>>
//! What stands on the operand stack for an operand.

ghost use Rattle.std.specs.Prelude.{◌≡◌, ◌∷◌, []};
ghost use Rattle.ep_frames.specs.Stacks.{cell_weights};

use ep_object::Place;

/// An operand. Of a text and of a value of many words only the length stands here, and its bytes or words stand on a
/// stack of their own, as the sets do, so that every cell is small and none owns memory.
#[derive(Clone, Copy, Drop)]
pub enum Cell {
    /// A word.
    Word(i64),
    /// A place.
    Place(Place),
    /// A text of so many bytes.
    Text(usize),
    /// A value of the type of this number, of so many words.
    Value(u32, u32),
    /// A set.
    Set,
}

impl Cell {
    /// How many bytes its text or words its value has.
    pub fn weight(&self) -> u64
        ensures { result ≡ cell_weights (self.now ∷ []) }
    {
        match self {
            Cell::Text(bytes) => *bytes as u64,
            Cell::Value(_, words) => u64::from(*words),
            Cell::Word(_) | Cell::Place(_) | Cell::Set => 0,
        }
    }
}
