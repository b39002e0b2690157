//! The tests of the ranges of a `case`.
//!
//! Each takes as many instructions as any other, so the place of the statement behind them is known before the first one.

ghost use Rattle.std.specs.Prelude.{OnOk};
ghost use Rattle.ep_gen_unit.specs.StmtGrowth.{AppendsTests};

use ep_base::NoMemory;
use ep_gen_code::{Code, field_number, next_place, place_number};
use ep_gen_expr::{TEST_LENGTH, tests_code};
use ep_typed::CaseRange;

/// Appends the tests of an arm, with the value of the selector on top. Its statement is to stand behind them and one
/// more instruction.
pub fn arm_tests_code(ranges: &[CaseRange], code: &mut Code) -> Result<(), NoMemory>
    ensures { OnOk result (AppendsTests code.old code.new ranges.now) }
{
    let start = next_place(code)?;
    let count = field_number(ranges.len())?;
    let body = place_number(start as u64 + TEST_LENGTH * count as u64 + 1)?;
    tests_code(body, ranges, code)
}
<<
== Exercise objective ==
Scan the lines above, and whenever one holds the string "start", copy it.

== Response ==
    let start = next_place(code)?;
    let body = place_number(start as u64 + TEST_LENGTH * count as u64 + 1)?;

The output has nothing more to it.